Em termos de níveis de juros estamos muito próximos do que foi vivenciado em 2014–2018, inclinações muito pequenas, com curva flat em níveis semelhantes ao que se foi visto durante aquela época, entretanto, agora tanto por contaminação do período de pandemia, quanto por impactos mais recentes.

Já os níveis de volatilidades (anualizadas), que durante a Pandemia, com gastos fiscais desenfreados e com o teto sendo colocado em segundo plano, chegaram a cerca de 300bps acima dos registrados no mesmo período.

Atualmente, entretanto, os níveis de volatilidade estão bem consistentes e semelhantes com o que foi presenciado durante o Governo Dilma 2, chegando a ser até menores em prazos mais longos.

Dizer que o mercado de juros está se estressando muito mais com as falas anti-teto e com pouco compromisso com qualquer saúde fiscal do país mais recentes é negar o que os números de fato mostram.

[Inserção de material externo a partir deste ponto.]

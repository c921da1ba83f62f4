//! Sets of kinds.
ghost use Rattle.std.specs.Prelude.{◌≡◌, ◌<◌, ◌||◌, ◌&&◌, IfNone, IfSome, IsTrue, false, length, not};
ghost use Rattle.typst_base.specs.Flags.{flags};
ghost use Rattle.typst_base.specs.KindList.{kinds_in};
ghost use Rattle.typst_base.specs.KindNumber.{number_of};
ghost use Rattle.typst_base.specs.KindSet.{holds, is_kind};
ghost use Rattle.typst_base.specs.declared.kind.SyntaxKind.{SyntaxKind};

use crate::kind::SyntaxKind;
use std::fmt;
use std::marker::Model;

/// A set of kinds, in two words.
///
/// A set takes no memory, and each call takes constant time.
#[derive(Clone, Copy)]
pub struct SyntaxSet {
    low: u128,
    high: u16,
}

impl Model for SyntaxSet {
    ghost use Rattle.std.specs.Prelude.{ℕ, ◌/◌, ◌%◌, ◌^◌, ◌+◌, ◌*◌, ◌<◌, List, Bool};
    ghost use Rattle.typst_base.specs.Flags.{flags, flags_number, high_word, low_word};

    ghost Value = { List Bool };

    ghost view = { λ a. flags 137 (a.high * 2 ^ 128 + a.low) };

    ghost invariant = { λ a. (a.low < 2 ^ 128) × (a.high < 2 ^ 9) };

    ghost inverse = { λ s. record { low = flags_number s % 2 ^ 128; high = flags_number s / 2 ^ 128 } };

    ghost inverse_ok = { λ a h. Prim.rw (low_word a.low a.high h.0 h.1, high_word a.low a.high h.0 h.1) };
}

/// # Making a set
impl SyntaxSet {
    /// The number of the first kind that the high word holds.
    const LOW_BITS: u32 = 128;

    /// The empty set.
    pub fn new() -> SyntaxSet
        ensures { (k : SyntaxKind) → holds result k ≡ false }
    {
        SyntaxSet { low: 0, high: 0 }
    }

    /// The set of the kinds below 128 whose bits are set in this word.
    pub(crate) fn from_low_word(low: u128) -> SyntaxSet
        ensures { result ≡ flags 137 low }
    {
        SyntaxSet { low, high: 0 }
    }

    /// The set of only this kind.
    fn only(kind: SyntaxKind) -> SyntaxSet
        ensures { (k : SyntaxKind) → holds result k ≡ is_kind kind k }
    {
        let number = u32::from(kind.to_u8());
        if number < Self::LOW_BITS {
            SyntaxSet {
                low: 1 << number,
                high: 0,
            }
        } else {
            SyntaxSet {
                low: 0,
                high: 1 << (number - Self::LOW_BITS),
            }
        }
    }

    /// The set with this kind added.
    pub fn add(self, kind: SyntaxKind) -> SyntaxSet
        ensures { (k : SyntaxKind) → holds result k ≡ (holds self k || is_kind kind k) }
    {
        self.union(SyntaxSet::only(kind))
    }

    /// The set without this kind.
    pub fn remove(self, kind: SyntaxKind) -> SyntaxSet
        ensures { (k : SyntaxKind) → holds result k ≡ (holds self k && not (is_kind kind k)) }
    {
        let only = SyntaxSet::only(kind);
        SyntaxSet {
            low: self.low & !only.low,
            high: self.high & !only.high,
        }
    }

    /// The set of the kinds that are in at least one of the two sets.
    pub fn union(self, other: SyntaxSet) -> SyntaxSet
        ensures { (k : SyntaxKind) → holds result k ≡ (holds self k || holds other k) }
    {
        SyntaxSet {
            low: self.low | other.low,
            high: self.high | other.high,
        }
    }
}

/// # Reading a set
impl SyntaxSet {
    /// Whether the set contains this kind.
    pub fn contains(self, kind: SyntaxKind) -> bool
        ensures { result ≡ holds self kind }
    {
        let number = u32::from(kind.to_u8());
        if number < Self::LOW_BITS {
            self.low >> number & 1 == 1
        } else {
            self.high >> (number - Self::LOW_BITS) & 1 == 1
        }
    }

    /// The kind with the lowest number.
    pub(crate) fn first(self) -> Option<SyntaxKind>
        ensures none { IfNone result ((k : SyntaxKind) → holds self k ≡ false) }
        ensures held { IfSome result (λ first. IsTrue (holds self first)) }
        ensures lowest { IfSome result (λ first. (k : SyntaxKind) → number_of k < number_of first
            → holds self k ≡ false) }
    {
        let number = if self.low != 0 {
            self.low.trailing_zeros()
        } else {
            Self::LOW_BITS + self.high.trailing_zeros()
        };
        SyntaxKind::from_u8(number as u8)
    }

    /// How many kinds the set contains.
    pub(crate) fn len(self) -> usize
        ensures { result ≡ length (kinds_in self) }
    {
        (self.low.count_ones() + self.high.count_ones()) as usize
    }

    /// Whether a set can hold this kind. It can hold every kind.
    pub fn fits(_kind: SyntaxKind) -> bool
        ensures { IsTrue result }
    {
        true
    }
}

/// Sets are equal if they hold the same kinds.
impl PartialEq for SyntaxSet {
    ghost use Rattle.std.specs.Prelude.{◌≡◌, ◌↔◌, IsTrue};
    ghost use Rattle.typst_base.specs.Equal.{set_eq, set_eq_laws};

    ghost eq = { set_eq };

    ghost laws = { set_eq_laws };

    fn eq(&self, other: &SyntaxSet) -> bool
        ensures is { result ≡ set_eq self.now other.now }
        ensures same { IsTrue result ↔ (self.now ≡ other.now) }
    {
        self.low == other.low && self.high == other.high
    }
}

impl Eq for SyntaxSet {
    ghost use Rattle.typst_base.specs.Equal.{set_eq_equivalence};

    ghost laws = { set_eq_equivalence };
}

impl Default for SyntaxSet {
    ghost use Rattle.std.specs.Prelude.{◌≡◌, false};
    ghost use Rattle.typst_base.specs.KindSet.{holds};
    ghost use Rattle.typst_base.specs.declared.kind.SyntaxKind.{SyntaxKind};

    ghost is_default = { λ s. (k : SyntaxKind) → holds s k ≡ false };

    fn default() -> SyntaxSet {
        SyntaxSet::new()
    }
}

impl fmt::Debug for SyntaxSet {
    /// Writes the kinds of the set in the order of their numbers: `{Text, Space}`.
    fn fmt<W: fmt::Write>(&self, f: &mut fmt::Formatter<W>) -> fmt::Result {
        f.debug_set().entries(self.kinds()).finish()
    }
}
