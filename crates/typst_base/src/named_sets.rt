//! The named sets of kinds: what an expression, a statement, a pattern and the like may begin with.
ghost use Rattle.std.specs.Prelude.{◌≡◌};
ghost use Rattle.typst_base.specs.KindSet.{holds};
ghost use Rattle.typst_base.specs.NamedSets.{arg_set, array_or_dict_item_set, atomic_code_expr_set, binary_op_set, code_expr_set, destructuring_item_set, math_expr_set, param_set, pattern_leaf_set, pattern_set, stmt_set, unary_op_set};
ghost use Rattle.typst_base.specs.declared.kind.SyntaxKind.{SyntaxKind};

use crate::kind::SyntaxKind;
use crate::set::SyntaxSet;

/// The word with the bits of these kinds, whose numbers are below 128.
macro_rules! bits {
    ($($kind:ident),+) => {
        $(1u128 << SyntaxKind::$kind as u32)|+
    };
}

/// The kinds that a statement may begin with, as bits.
const STMT: u128 = bits!(Let, Set, Show, Return, Import, Include);

/// The kinds that an expression in an equation may begin with, as bits.
const MATH_EXPR: u128 = bits!(
    Linebreak,
    Escape,
    MathText,
    MathIdent,
    MathFieldAccess,
    MathShorthand,
    MathAlignPoint,
    MathPrimes,
    Hash,
    LeftBrace,
    RightBrace,
    LeftParen,
    RightParen,
    Comma,
    Semicolon,
    Dot,
    Root,
    Bang,
    Str
);

/// The kinds that a code expression without an operator may begin with, as bits.
const ATOMIC_CODE_EXPR: u128 = bits!(
    Raw,
    Label,
    LeftBrace,
    LeftBracket,
    LeftParen,
    Dollar,
    None,
    Auto,
    Let,
    Set,
    Show,
    Context,
    If,
    For,
    While,
    Break,
    Continue,
    Return,
    Import,
    Include,
    Ident,
    Bool,
    Int,
    Float,
    Numeric,
    Str
);

/// The kinds that a pattern without parts may begin with, as bits: those of an atomic expression.
const PATTERN_LEAF: u128 = ATOMIC_CODE_EXPR;

/// The kinds of operators before an operand, as bits.
const UNARY_OP: u128 = bits!(Plus, Minus, Not);

/// The kinds of operators between two operands, as bits.
const BINARY_OP: u128 = bits!(
    Star, Plus, Minus, Slash, Eq, EqEq, ExclEq, Lt, LtEq, Gt, GtEq, PlusEq, HyphEq, StarEq,
    SlashEq, And, Or, In
);

/// The kinds that a statement may begin with.
pub fn stmt() -> SyntaxSet
    ensures { (k : SyntaxKind) → holds result k ≡ stmt_set k }
{
    SyntaxSet::from_low_word(STMT)
}

/// The kinds that an expression in an equation may begin with.
pub fn math_expr() -> SyntaxSet
    ensures { (k : SyntaxKind) → holds result k ≡ math_expr_set k }
{
    SyntaxSet::from_low_word(MATH_EXPR)
}

/// The kinds that a code expression without an operator may begin with.
pub fn atomic_code_expr() -> SyntaxSet
    ensures { (k : SyntaxKind) → holds result k ≡ atomic_code_expr_set k }
{
    SyntaxSet::from_low_word(ATOMIC_CODE_EXPR)
}

/// The kinds of operators before an operand.
pub fn unary_op() -> SyntaxSet
    ensures { (k : SyntaxKind) → holds result k ≡ unary_op_set k }
{
    SyntaxSet::from_low_word(UNARY_OP)
}

/// The kinds of operators between two operands.
pub fn binary_op() -> SyntaxSet
    ensures { (k : SyntaxKind) → holds result k ≡ binary_op_set k }
{
    SyntaxSet::from_low_word(BINARY_OP)
}

/// The kinds that a code expression may begin with.
pub fn code_expr() -> SyntaxSet
    ensures { (k : SyntaxKind) → holds result k ≡ code_expr_set k }
{
    atomic_code_expr()
        .union(unary_op())
        .add(SyntaxKind::Underscore)
}

/// The kinds that an item of an array or a dictionary may begin with.
pub fn array_or_dict_item() -> SyntaxSet
    ensures { (k : SyntaxKind) → holds result k ≡ array_or_dict_item_set k }
{
    code_expr().add(SyntaxKind::Dots)
}

/// The kinds that an argument of a call may begin with.
pub fn arg() -> SyntaxSet
    ensures { (k : SyntaxKind) → holds result k ≡ arg_set k }
{
    let expr = code_expr();
    expr.add(SyntaxKind::Dots)
}

/// The kinds that a pattern without parts may begin with.
pub fn pattern_leaf() -> SyntaxSet
    ensures { (k : SyntaxKind) → holds result k ≡ pattern_leaf_set k }
{
    SyntaxSet::from_low_word(PATTERN_LEAF)
}

/// The kinds that a pattern may begin with.
pub fn pattern() -> SyntaxSet
    ensures { (k : SyntaxKind) → holds result k ≡ pattern_set k }
{
    pattern_leaf()
        .add(SyntaxKind::LeftParen)
        .add(SyntaxKind::Underscore)
}

/// The kinds that a parameter of a closure may begin with.
pub fn param() -> SyntaxSet
    ensures { (k : SyntaxKind) → holds result k ≡ param_set k }
{
    pattern().add(SyntaxKind::Dots)
}

/// The kinds that an item of a destructuring pattern may begin with.
pub fn destructuring_item() -> SyntaxSet
    ensures { (k : SyntaxKind) → holds result k ≡ destructuring_item_set k }
{
    let item = pattern();
    item.add(SyntaxKind::Dots)
}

5 períodos de choques importantes nas volatilidades:

  • Crise de 2008: não preciso nem discutir isso para que todos consigam compreender que as volatilidades explodiram neste período
  • Governo Dilma 2 (2014–2016): o período de estresse local fez com que tivéssemos um movimento de ~400bps em prazos médios e ~500bps em prazos longos nas volatilidades da ETTJ
  • Joesley Day (Maio 2017): esse período gerou choques que continuaram a ser vistos na série até meados de 2018, pelo volume de choques consecutivos e repercussão
  • Pandemia (2019–2021): período agudo da pandemia também gerou pouca preocupação com o fiscal, visto que existiam necessidades jamais vistas, choques de ~700 bps na parte média e mais de 800bps na parte longa
  • Eleição Lula 3 (2022-?): período teve poucos choques relevantes ao ponto de impactar janelas móveis de 1 ano como os outros citados acima, mas choques bastante relevantes em janelas móveis menores

Para que a análise fique completa, janelas móveis mais curtas devem ser utilizadas para que se tenha parâmetro de choques recentes na volatilidade geral das cotações. A janela móvel mais curta a ser utilizada é a de 21 dias úteis, ou um mês útil.

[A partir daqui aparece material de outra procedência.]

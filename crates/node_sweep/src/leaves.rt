//! Leaves, copied before any pair.

ghost use Rattle.std.specs.Prelude.{IfErr};

use crate::plan::CopyPlan;
use crate::transfer::{Fresh, Transfer};
use plane::Refusal;
use table_core::Kind;

impl Transfer<'_> {
    ghost use Rattle.node_sweep.specs.Transfers.{IsPlanned, IsUnderway, SaysNoRoom};

    /// Copies the leaves that the plan keeps.
    pub(crate) fn copy_leaves(&self, fresh: &mut Fresh, plan: &CopyPlan) -> Result<(), Refusal>
        requires underway { IsUnderway self.now fresh.old }
        requires planned { IsPlanned self.now }
        ensures underway { IsUnderway self.now fresh.new }
        ensures full { IfErr result (SaysNoRoom self.now) }
    {
        for number in 1..self.old.key.shape.index(Kind::Pair, 0) {
            let word = self.old.words.word(number as usize);
            if word != 0 && plan.keeps(number) {
                self.note(fresh, number, Kind::Leaf, word, 0)?;
            }
        }
        Ok(())
    }
}
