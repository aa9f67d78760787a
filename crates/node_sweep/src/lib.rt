//! Squares copied into fresh words: a copying garbage collection. It keeps what one square reaches,
//! or what a plan says beside that: small squares and finished large ones, or all that there is.
#![tactic(auto)]

mod blank;
mod blocks;
mod copying;
mod filling;
mod keep;
mod leaves;
mod marking;
mod open_words;
mod order;
mod placing;
mod plan;
mod ranks;
mod results;
mod shared_bytes;
mod stills;
mod survey;
mod transfer;

pub use blank::BlankWords;
pub use keep::{Keep, Shares};
pub use plan::{CopyPlan, Workers};
pub use stills::{copy, sweep};
pub use survey::Finished;
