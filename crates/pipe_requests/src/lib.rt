//! The requests of lifepipe: what a line asks for, and why another line is bad.
#![tactic(auto)]

mod bad;
mod laws;
mod name;
mod numbers;
mod parameters;
mod reading;
mod request;

pub use bad::Bad;
pub use laws::one_meaning;
pub use reading::read_request;
pub use request::{
    LARGEST_MOST, LARGEST_MULTIPLE, LARGEST_SIZE, Request, SMALLEST_SIZE, TextFormat,
};
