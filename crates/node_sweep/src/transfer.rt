//! What is copied from old words into fresh ones, and the fresh ones while they are filled.

ghost use Rattle.std.specs.Prelude.{◌≡◌};
ghost use Rattle.table_core.specs.Good.{AreGoodWords};
ghost use Rattle.table_core.proofs.GoodWords.{good_prop};

use crate::plan::CopyPlan;
use node_table::Held;
use table_core::Key;

/// Words that are copied from.
#[derive(Clone, Copy)]
pub(crate) struct OldWords<'a> {
    /// Their head.
    pub(crate) key: &'a Key,
    /// The words.
    pub(crate) words: &'a Held,
    ghost good: { AreGoodWords key.now words.now } by { good_prop key.now words.now },
}

/// What is copied into fresh words, under the same rule and exponent.
#[derive(Clone, Copy)]
pub(crate) struct Transfer<'a> {
    /// The words that are copied from.
    pub(crate) old: OldWords<'a>,
    /// The number of the root, which is copied with all that it reaches.
    pub(crate) root: u32,
    /// What is copied before it, if anything is.
    pub(crate) plan: Option<&'a CopyPlan>,
    /// The head of the fresh words.
    pub(crate) to: Key,
    ghost same_rule: { to.rule ≡ old.key.now.rule },
    ghost same_exponent: { to.exponent ≡ old.key.now.exponent },
}

/// Words that blocks are copied into, and under which numbers they stand there.
#[derive(Drop)]
pub(crate) struct Fresh {
    /// The fresh words.
    pub(crate) words: Vec<u64>,
    /// The number of the copy of each old number, 0 where it has none yet.
    pub(crate) copies: Vec<u32>,
}
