//! Marks of what a collection keeps, which threads set together.

use crate::open_words::OpenWords;
use crate::order::Order;
use crate::plan::Workers;
use crate::shared_bytes::SharedBits;
use crate::survey::KeptRanks;
use std::alloc::AllocError;
use std::thread::{Threads, map_indices};

// Of fewer pairs for each worker only one worker sets the marks.
const PAIRS_A_WORKER: usize = 1 << 14;

/// The words of an open table, what is kept of them, and a mark for each number that is.
#[derive(Clone, Copy)]
pub(crate) struct Marking<'a> {
    /// The words.
    pub(crate) words: OpenWords<'a>,
    /// Of which ranks pairs are kept that the root does not reach.
    pub(crate) kept: KeptRanks,
    /// A bit for each number.
    pub(crate) marks: &'a SharedBits,
}

impl Marking<'_> {
    /// Marks the pairs of a rank that are kept, and the parts of each that has a mark. The ranks
    /// above it come first, since pairs of this one are parts of theirs.
    pub(crate) fn mark_rank<R: Threads + Sync>(
        &self,
        workers: &Workers<'_, R>,
        orders: &[Order],
        rank: u8,
    ) -> Result<(), AllocError> {
        let is_large = match orders.first() {
            Some(order) => order.of_rank(rank).len() >= PAIRS_A_WORKER,
            None => false,
        };
        if is_large && orders.len() > 1 {
            map_indices(
                workers.runtime,
                workers.alloc,
                orders.len(),
                &|worker: usize| {
                    if let Some(order) = orders.get(worker) {
                        self.mark_slots(order.of_rank(rank), rank);
                    }
                },
            )?;
            return Ok(());
        }
        for i in 0..orders.len() {
            self.mark_slots(orders[i].of_rank(rank), rank);
        }
        Ok(())
    }

    // Marks those of the pairs of this rank at these slots that are kept, and the parts of each
    // that has a mark.
    fn mark_slots(&self, slots: &[u32], rank: u8) {
        for i in 0..slots.len() {
            let slot = slots[i];
            if rank <= self.kept.low {
                self.marks.set(self.words.pair_at(slot));
            }
            if rank >= self.kept.high {
                self.mark_finished(slot);
            }
            self.mark_parts(slot);
        }
    }

    // Marks the pair at a slot and its result, if it has one.
    fn mark_finished(&self, slot: u32) {
        if let Some(result) = self.words.result_at(slot) {
            self.marks.set(self.words.pair_at(slot));
            self.marks.set(result);
        }
    }

    // Marks the parts of the pair at a slot, if that has a mark.
    fn mark_parts(&self, slot: u32) {
        if !self.marks.is_set(self.words.pair_at(slot)) {
            return;
        }
        if let Some((first, second)) = self.words.parts_at(slot) {
            self.marks.set(first);
            self.marks.set(second);
        }
    }
}
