//! Results, copied after the pairs beside which they stand.

ghost use Rattle.std.specs.Prelude.{◌≡◌, ◌+◌, ◌^◌, ◌≤◌, length};
ghost use Rattle.table_core.specs.declared.shape.Kind.TheVariants.{Pair};
ghost use Rattle.table_core.specs.Layout.{IsSlot, start};
ghost use Rattle.node_sweep.specs.Keeping.{IsResultWord};
ghost use Rattle.node_sweep.specs.Table.{word_beside};

use crate::blocks::BLOCK_LEN;
use crate::transfer::{Fresh, OldWords, Transfer};
use table_core::{Kind, parts, result_word};

impl OldWords<'_> {
    ghost use Rattle.node_sweep.specs.OldWords.{bits_in, table_in};

    /// The word beside a pair, which tells its result; 0 where it has none.
    pub(crate) fn result_beside(&self, pair: u32) -> u64
        requires { IsSlot (bits_in self.now) Pair pair }
        ensures { result ≡ word_beside (table_in self.now) pair }
    {
        self.words.word(self.key.shape.result_index(pair) as usize)
    }
}

impl Transfer<'_> {
    ghost use Rattle.node_sweep.specs.Transfers.{AreAllResultsKept, AreNextResultWords, AreResultsKept, IsUnderway, number_count, old_bits, old_table};

    // The word to stand beside the copy of a pair: that of the copy of its result, and 0 where one
    // of both has no copy.
    fn kept_result(&self, copies: &[u32], pair: u32) -> u64
        requires long { length copies.now ≡ number_count self.now }
        requires pair { IsSlot (old_bits self.now) Pair pair }
        ensures { IsResultWord (old_table self.now) copies.now pair result }
    {
        if copies[pair as usize] == 0 {
            return 0;
        }
        let result = self.old.result_beside(pair);
        if result == 0 {
            return 0;
        }
        let (_, future) = parts(result);
        let number = copies[future as usize];
        if number == 0 && future != 0 {
            return 0;
        }
        result_word(number)
    }

    // These words of pairs at some slots from one on.
    fn kept_results(&self, copies: &[u32], from: u32, told: &mut [u64])
        requires long { length copies.now ≡ number_count self.now }
        requires few { length told.old ≡ 64 }
        requires inside { from + 64 ≤ 2 ^ old_bits self.now }
        ensures { AreNextResultWords self.now copies.now told.new from }
    {
        for i in 0..BLOCK_LEN {
            let pair = self.old.key.shape.index(Kind::Pair, from + i);
            told[i as usize] = self.kept_result(copies, pair);
        }
    }

    // Places such a word beside the copy of the pair at this slot.
    fn tell_result(&self, words: &mut [u64], copies: &[u32], slot: u32, pair: u32, word: u64)
        requires long { length copies.now ≡ number_count self.now }
        requires pair { IsSlot (old_bits self.now) Pair pair }
        requires at { pair ≡ start (old_bits self.now) Pair + slot }
        requires word { IsResultWord (old_table self.now) copies.now pair word }
        requires kept { AreResultsKept self.now copies.now words.old slot }
        ensures { AreResultsKept self.now copies.now words.new (slot + 1) }
    {
        if word == 0 {
            return;
        }
        let copy = copies[pair as usize];
        words[self.to.shape.result_index(copy) as usize] = word;
    }

    // Places the words of pairs at some slots from one on.
    fn tell_results(&self, words: &mut [u64], copies: &[u32], from: u32, told: &[u64])
        requires long { length copies.now ≡ number_count self.now }
        requires few { length told.now ≡ 64 }
        requires inside { from + 64 ≤ 2 ^ old_bits self.now }
        requires told { AreNextResultWords self.now copies.now told.now from }
        requires kept { AreResultsKept self.now copies.now words.old from }
        ensures { AreResultsKept self.now copies.now words.new (from + 64) }
    {
        for i in 0..BLOCK_LEN {
            let pair = self.old.key.shape.index(Kind::Pair, from + i);
            self.tell_result(words, copies, from + i, pair, told[i as usize]);
        }
    }

    /// The fresh words, with the result of each pair beside its copy, where both have one.
    pub(crate) fn with_results(&self, fresh: Fresh) -> Fresh
        requires { IsUnderway self.now fresh }
        ensures kept { AreAllResultsKept self.now fresh.copies.items result.words.items }
        ensures copies { result.copies.items ≡ fresh.copies.items }
    {
        let Fresh { mut words, copies } = fresh;
        let mut told = [0u64; BLOCK_LEN as usize];
        let count = self.old.key.shape.slot_count(Kind::Pair);
        for block in 0..count / BLOCK_LEN {
            let from = BLOCK_LEN * block;
            self.kept_results(copies.as_slice(), from, &mut told);
            self.tell_results(words.as_mut_slice(), copies.as_slice(), from, &told);
        }
        Fresh { words, copies }
    }
}
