//! The program `lifebatch`: [`program_parts::start`] runs it.
#![tactic(auto)]

use batch_program::Lifebatch;
use program_parts::start;
use std::process::ExitCode;

fn main(rt: HostRuntime) -> ExitCode {
    start::<Lifebatch, _>(&rt, rt.stdout(), rt.stderr())
}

Gráfico 8. Volatilidade das cotações genéricas 2Y, 5Y e 10Y, com janela móvel de 21 du

Nota-se que durante o governo Bolsonaro diversos momentos de alta relevante na volatilidade foram registrados, principalmente no final de 2021, quando as volatilidades pareciam controladas mas tiveram altas de ao redor de 8% a.a (!!!!) devido aos gastos extra-teto que foram propostos.

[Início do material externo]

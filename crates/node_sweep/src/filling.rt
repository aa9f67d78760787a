//! Fresh words, filled with copies of old ones.

ghost use Rattle.std.specs.Prelude.{◌≡◌, IfErr, IfOk, None};
ghost use Rattle.squares.specs.Book.{LacksMemoryOr};
ghost use Rattle.node_sweep.specs.Copying.{AreBlankWords};
ghost use Rattle.node_sweep.specs.Table.{IsBlockIn};

use crate::transfer::{Fresh, Transfer};
use plane::Refusal;
use std::alloc::{AllocError, Global};
use table_core::Kind;

impl Transfer<'_> {
    ghost use Rattle.node_sweep.specs.Filled.{CopiesInto, CopiesSome};
    ghost use Rattle.node_sweep.specs.Transfers.{IsCopyMade, IsUnderway, SaysNoRoom, number_count, old_table};

    /// How many numbers the leaves and the pairs of the old words have, with 0.
    pub(crate) fn number_count(&self) -> usize
        ensures { result ≡ number_count self.now }
    {
        let shape = self.old.key.shape;
        (shape.index(Kind::Pair, 0) + shape.slot_count(Kind::Pair)) as usize
    }

    // These words, and a note for each old leaf and pair, that it has no copy.
    fn begin(&self, alloc: Global, words: Vec<u64>) -> Result<Fresh, AllocError>
        requires { AreBlankWords self.now.to words.items }
        ensures { IfOk result (IsUnderway self.now) }
    {
        let copies = vec![in alloc; 0; self.number_count()]?;
        Ok(Fresh { words, copies })
    }

    // Copies what is planned, if anything is.
    fn copy_planned(&self, fresh: &mut Fresh) -> Result<(), Refusal>
        requires underway { IsUnderway self.now fresh.old }
        ensures underway { IsUnderway self.now fresh.new }
        ensures full { IfErr result (SaysNoRoom self.now) }
    {
        if let Some(plan) = self.plan {
            self.copy_leaves(fresh, plan)?;
            self.copy_ranks(fresh, plan)?;
        }
        Ok(())
    }

    /// These words with what is planned, the root, which has this rank, and all that this reaches,
    /// and the results of all these; and the number of the copy of the root.
    pub(crate) fn fill(
        &self,
        alloc: Global,
        words: Vec<u64>,
        rank: u8,
    ) -> Result<(Vec<u64>, u32), Refusal>
        requires words { AreBlankWords self.now.to words.items }
        requires block { IsBlockIn (old_table self.now) rank self.now.root }
        ensures ok { IfOk result (λ made. CopiesSome self.now made.0.items) }
        ensures reached { self.now.plan ≡ None
            → IfOk result (λ made. CopiesInto self.now made.0.items) }
        ensures root { IfOk result
            (λ made. IsCopyMade self.now made.0.items self.now.root made.1) }
        ensures refusal { IfErr result (LacksMemoryOr (SaysNoRoom self.now)) }
    {
        let mut fresh = self.begin(alloc, words)?;
        self.copy_planned(&mut fresh)?;
        let number = self.copy(&mut fresh, self.root, rank)?;
        let Fresh { words, .. } = self.with_results(fresh);
        Ok((words, number))
    }
}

Trago um zoom dos dados rápidos:

Gráfico 9. Zoom do gráfico 8

Os movimentos gerados pelas falas recentes de Lula geraram algo ao redor de 4,4% a.a de choque na volatilidade de 5Y e 4,5% a.a na de 10Y, período que pode ser observado no último spike de volatilidade da série.

Este período nem se compara ao que o mercado estressou durante o final de 2021, com altas de 5,2% a.a e 8% a.a em volatilidades de 5Y e 10Y, respectivamente.

— Mas o que uma modificação de volatilidade quer dizer, em termos práticos?

Para que seja assimilado facilmente, vou supor um cenário bem básico no qual a volatilidade sai de 12 para 14%.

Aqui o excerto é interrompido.